I have the set
$$\Omega_r=\{(x,y)\in\mathbb{R}^2, x^2+y^2=r^2\}, r\geq0$$
and i consider $\sigma$ the familly of $\emptyset$ and all union of the set $\Omega_r$
How to prove that it is a topology on $\mathbb{R}^2$ ?
It is clear that $\emptyset\in \sigma$ and $\mathbb{R}^2=\bigcup_{r\geq0}\Omega_r$
But if i take $O=\cup_{r\in L}\Omega_r$ and $S=\cup_{s\in S}\Omega_s$ what is $O\cap S$ please ?
On
Your open sets are union of circles centered at the origin.

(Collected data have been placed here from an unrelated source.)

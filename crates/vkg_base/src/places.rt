// Places, and the least of them.
ghost use Rattle.std.specs.Prelude.{◌≡◌};
ghost use Rattle.vkg_lists.specs.Places.{lesser as lesser_of, earlier as earlier_of, place_if as place_where};

/// The lesser of two places, where there are any.
pub fn lesser(a: Option<usize>, b: Option<usize>) -> Option<usize>
    ensures { result ≡ lesser_of a b }
{
    match (a, b) {
        (None, b) => b,
        (Some(a), None) => Some(a),
        (Some(a), Some(b)) => Some(a.min(b)),
    }
}

/// The place that was noted first.
pub fn earlier(first: Option<usize>, at: usize) -> Option<usize>
    ensures { result ≡ earlier_of first at }
{
    match first {
        Some(first) => Some(first),
        None => Some(at),
    }
}

/// The place, if the test fails there.
pub fn place_if(fails: bool, at: usize) -> Option<usize>
    ensures { result ≡ place_where fails at }
{
    if fails { Some(at) } else { None }
}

The intersections of such unions are what they have in common which is either empty set or another union of such circles.
Technically, you may write, $$ \bigg( \bigcup _{r\in L}\Omega_r \bigg)\bigcap \bigg(\bigcup _{r\in S}\Omega_r\bigg ) =\bigcup _{r\in L\cap S}\Omega_r$$
It's simply $\bigcup _{r\in L\cap S}\Omega_r$ because the $\Omega_r$ are pairwise disjoint.
In fact, whenever you have a set $X$ and an equivalence relation on $X$, then there is a topology on $X$ where the open sets are precisely the unions of equivalence classes.